Consider partitioning with backends of OneRT
- `cpu`, `acl_cl`, `acl_neon`, `ruy`, `xnnpack`

Let's try with this command:
```
circle-partitioner \
   --backends cpu,acl_cl --default cpu \
   --part_file Net_InstanceNorm_003.part \
   --input_file Net_InstanceNorm_003.circle \
   --work_path Net_InstanceNorm_003
```

where `Net_InstanceNorm_003.part` is like this for initial design
```
[partition]
backends=cpu,acl_cl
default=cpu
comply=opcode

[OPCODE]
ADD=acl_cl
```
where in `[partition]` section,
- `backends` is available backends and can be overridden by `--backends`
- `default` is default backend for OpCodes not assigned in `[OPCODE]` section can be overridden by `--default`
- `comply` is which rule to apply, where only `opcode` is available for now

#### Use Op name to assign backend

```
[OP]
Reduction_indices=GPU
```
- there are very long names that may be inconvenient

### Partitioned output

#### Output files

After partition is applied, output files will look something like these
- `Net_InstanceNorm_003.part.00001_cpu.circle`
- `Net_InstanceNorm_003.part.00002_acl_cl.circle`
- `Net_InstanceNorm_003.part.00003_cpu.circle`
- `Net_InstanceNorm_003.part.conn.ini`
- `Net_InstanceNorm_003.part.conn.json`

Assume only `Div` node is assigned to `acl_cl`

#### Connection information of partitioned circle files

##### Format with ini
- `Net_InstanceNorm_003.conn.ini` provides connection of each circle files.
```
[source]
file=Net_InstanceNorm_003.circle
i1=Input
o1=Add_as_terminal

[models]
m1=Net_InstanceNorm_003.part.00001_cpu.circle
m2=Net_InstanceNorm_003.part.00002_acl_cl.circle
m3=Net_InstanceNorm_003.part.00003_cpu.circle

[Net_InstanceNorm_003.part.00001_cpu.circle]
file=Net_InstanceNorm_003.part.00001_cpu.circle
i1=Input
o1=Pow
o2=Sub

[Net_InstanceNorm_003.part.00002_acl_cl.circle]
file=Net_InstanceNorm_003.part.00002_acl_cl.circle
i1=Sub
i2=Pow
o1=Div

[Net_InstanceNorm_003.part.00003_cpu.circle]
file=Net_InstanceNorm_003.part.00003_cpu.circle
i1=Div
o1=Add_as_terminal
```

Predefined section
- `source`: Source circle model information.
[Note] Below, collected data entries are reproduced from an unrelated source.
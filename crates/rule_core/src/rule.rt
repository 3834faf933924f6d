//! What a constraint's class is, once it is made ready for evaluation.
ghost use Rattle.std.specs.Prelude.{◌≡◌, ◌<◌, ◌≤◌, ◌+◌, ◌++◌, ℕ, Bool, false, List, [], length, map, Contains};
ghost use Rattle.std.specs.Prelude.{vec_capacity, vec_len};
ghost use Rattle.std.specs.List.{All, range_with_len};
ghost use Rattle.std.specs.List.Sorted.{IsStrictlyIncreasing};
ghost use Rattle.league.specs.Counts.{Counts, one_more};
ghost use Rattle.league.specs.Instance.{IsGame};
ghost use Rattle.league.specs.declared.game.Game.{Game};
ghost use Rattle.rule_core.specs.Table.{table_counts};

use crate::cells::Cells;
use crate::keys::Keys;
use crate::steps::Steps;
use league::{Game, TeamId};

/// The entries of a constraint's deviation vector, and which of them a game can change. No call takes memory.
///
/// An entry is a number for each key and each table of counts: so equal counts have equal entries, whatever the order
/// of the games was.
pub trait Entries: Drop {
    ghost team_count: { Self → ℕ };

    ghost term_count: { Self → ℕ };

    ghost reach_of: { Self → ℕ };

    ghost entry: { Self → ℕ → Counts → ℕ };

    ghost touches: { Self → Game → List ℕ };

    ghost watched: { Self → ℕ → Bool };

    /// The number of teams of the league.
    fn teams(&self) -> u16
        ensures { result ≡ team_count self.now };

    /// The number of entries. Their keys are the numbers below it.
    fn terms(&self) -> usize
        ensures { result ≡ term_count self.now };

    /// The most keys that one game touches.
    fn reach(&self) -> usize
        ensures { result ≡ reach_of self.now };

    /// Adds the keys whose entries the game can change to the list.
    fn touched(&self, game: Game, keys: &mut Keys)
        requires fits { IsGame (team_count self.now) game }
        requires spare { length keys.old.list + reach_of self.now ≤ keys.old.room }
        ensures room { keys.new.room ≡ keys.old.room }
        ensures list { keys.new.list ≡ keys.old.list ++ touches self.now game };

    /// Whether a team is watched: a game of two teams that aren't can change no entry.
    fn watches(&self, team: TeamId) -> bool
        requires team { team.0 < team_count self.now }
        ensures { result ≡ watched self.now team.0 };

    ghost few: { (r : Self) (g : Game) → IsGame (team_count r) g → length (touches r g) ≤ reach_of r };

    ghost below: { (r : Self) (g : Game) → IsGame (team_count r) g → All (λ k. k < term_count r) (touches r g) };

    ghost ascending: { (r : Self) (g : Game) → IsGame (team_count r) g → IsStrictlyIncreasing (touches r g) };

    ghost frame: { (r : Self) (g : Game) (m : Counts) (k : ℕ) → IsGame (team_count r) g → k < term_count r
        → (Contains (touches r g) k → ⊥) → entry r k (one_more m g) ≡ entry r k m };

    ghost quiet: { (r : Self) (g : Game) → IsGame (team_count r) g → watched r g.home.0 ≡ false
        → watched r g.away.0 ≡ false → touches r g ≡ [] };
}

/// Entries that can be evaluated, each at the price of one step in the ledger `L`.
pub trait Rule<L>: Entries {
    /// The entry of a key on these counts.
    fn term(&self, key: usize, cells: &Cells, steps: &mut Steps<L>) -> u64
        requires key { key < Self.term_count self.now }
        requires teams { cells.now.n ≡ Self.team_count self.now }
        ensures entry { result ≡ Self.entry self.now key (table_counts cells.now) }
        ensures tick { steps.new ≡ steps.old + 1 };

    /// Adds all entries to a list that has room for them, in the order of their keys. It takes no memory.
    fn every(&self, cells: &Cells, entries: &mut Vec<u64>, steps: &mut Steps<L>)
        requires teams { cells.now.n ≡ Self.team_count self.now }
        requires room { vec_len entries.old + Self.term_count self.now ≤ vec_capacity entries.old }
        ensures entries { entries.new.items ≡ entries.old.items
            ++ map (λ k. Self.entry self.now k (table_counts cells.now)) (range_with_len 0 (Self.term_count self.now)) }
        ensures ticks { steps.new ≡ steps.old + Self.term_count self.now }
    {
        for key in 0..self.terms() {
            entries.push_reserved(self.term(key, cells, steps));
        }
    }
}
Has `file` as filename, `iN` for inputs and `oN` for outputs.
- `models`: Partitioned circle models. Has `mN` for model filename.

Partitioned Model section
- `iN`: inputs of this model
- `oN`: outputs of this model

In graph diagram, output order of `Net_InstanceNorm_003.part.00001_cpu.circle`
looks like `Pow,Sub` but `Div` Op in `Net_InstanceNorm_003.part.00002_acl_cl.circle`
requires order of `Sub,Pow`.

##### Format with JSON
- Use JSON format, `Net_InstanceNorm_003.part.conn.json`
```json
{
  "source" : {
    "file" : "Net_InstanceNorm_003.circle",
    "inputs" : [ "Input" ],
    "outputs" : [ "Add_as_terminal" ]
  },
  "parts" : [
    {
      "file" : "Net_InstanceNorm_003.part.00001_cpu.circle",
      "inputs" : [ "Input" ],
      "outputs" : [ "Pow", "Sub" ],
    },
    {
      "file" : "Net_InstanceNorm_003.part.00002_acl_cl.circle",
      "inputs" : [ "Pow", "Sub" ],
      "outputs" : [ "Div" ]
    },
    {
      "file" : "Net_InstanceNorm_003.part.00003_cpu.circle",
      "inputs" : [ "Div" ],
      "outputs" : [ "Add_as_terminal" ]
    }
  ]
}
```

### Future works

How to partition with multiple inputs?